▶ _DIRECTIONS_:
Your job is to copy the lines from the material that include "what".

Start of DATA FOR REVIEW

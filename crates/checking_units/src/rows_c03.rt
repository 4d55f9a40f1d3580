//! C03: redeclared with another type: what the definition of checking answers.
ghost use Rattle.std.specs.Prelude.{◌≡◌};
ghost use Rattle.checking_units.specs.Parts.{outcome, breaks};
ghost use Rattle.checking_units.specs.RowsC03 as rows;

/// C03: redeclared with another type.
pub fn rows_c03()
    ensures c03_1 { outcome rows.c03_1 ≡ breaks 3 13 }
    ensures c03_2 { outcome rows.c03_2 ≡ breaks 3 37 }
    ensures c03_3 { outcome rows.c03_3 ≡ breaks 3 19 }
    ensures c03_4 { outcome rows.c03_4 ≡ breaks 3 30 }
    ensures c03_5 { outcome rows.c03_5 ≡ breaks 3 45 }
    ensures c03_6 { outcome rows.c03_6 ≡ breaks 3 62 }
    ensures c03_7 { outcome rows.c03_7 ≡ breaks 3 26 }
    ensures c03_8 { outcome rows.c03_8 ≡ breaks 3 20 }
    ensures c03_9 { outcome rows.c03_9 ≡ breaks 3 17 }
{}
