//! faulty declarators: what the definition of checking answers.
ghost use Rattle.std.specs.Prelude.{◌≡◌};
ghost use Rattle.checking_units.specs.Parts.{outcome, breaks};
ghost use Rattle.checking_units.specs.RowsFaultyDeclarators1 as rows;

/// faulty declarators.
pub fn rows_faulty_declarators_1()
    ensures faulty_declarators_1 { outcome rows.faulty_declarators_1 ≡ breaks 28 13 }
    ensures faulty_declarators_2 { outcome rows.faulty_declarators_2 ≡ breaks 28 13 }
    ensures faulty_declarators_3 { outcome rows.faulty_declarators_3 ≡ breaks 37 6 }
    ensures faulty_declarators_4 { outcome rows.faulty_declarators_4 ≡ breaks 37 16 }
    ensures faulty_declarators_5 { outcome rows.faulty_declarators_5 ≡ breaks 5 13 }
    ensures faulty_declarators_6 { outcome rows.faulty_declarators_6 ≡ breaks 5 13 }
    ensures faulty_declarators_7 { outcome rows.faulty_declarators_7 ≡ breaks 28 18 }
    ensures faulty_declarators_8 { outcome rows.faulty_declarators_8 ≡ breaks 28 26 }
    ensures faulty_declarators_9 { outcome rows.faulty_declarators_9 ≡ breaks 28 18 }
    ensures faulty_declarators_10 { outcome rows.faulty_declarators_10 ≡ breaks 28 30 }
    ensures faulty_declarators_11 { outcome rows.faulty_declarators_11 ≡ breaks 29 8 }
    ensures faulty_declarators_12 { outcome rows.faulty_declarators_12 ≡ breaks 29 14 }
    ensures faulty_declarators_13 { outcome rows.faulty_declarators_13 ≡ breaks 29 19 }
    ensures faulty_declarators_14 { outcome rows.faulty_declarators_14 ≡ breaks 29 24 }
    ensures faulty_declarators_15 { outcome rows.faulty_declarators_15 ≡ breaks 5 18 }
    ensures faulty_declarators_16 { outcome rows.faulty_declarators_16 ≡ breaks 25 5 }
    ensures faulty_declarators_17 { outcome rows.faulty_declarators_17 ≡ breaks 25 6 }
    ensures faulty_declarators_18 { outcome rows.faulty_declarators_18 ≡ breaks 5 20 }
    ensures faulty_declarators_19 { outcome rows.faulty_declarators_19 ≡ breaks 5 10 }
    ensures faulty_declarators_20 { outcome rows.faulty_declarators_20 ≡ breaks 28 5 }
    ensures faulty_declarators_21 { outcome rows.faulty_declarators_21 ≡ breaks 28 5 }
    ensures faulty_declarators_22 { outcome rows.faulty_declarators_22 ≡ breaks 28 5 }
    ensures faulty_declarators_23 { outcome rows.faulty_declarators_23 ≡ breaks 22 5 }
    ensures faulty_declarators_24 { outcome rows.faulty_declarators_24 ≡ breaks 5 19 }
{}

End of DATA FOR REVIEW

▶ _ANSWER BOX_:
//! C03: redeclared with another type: what the definition of checking answers.
//! faulty declarators: what the definition of checking answers.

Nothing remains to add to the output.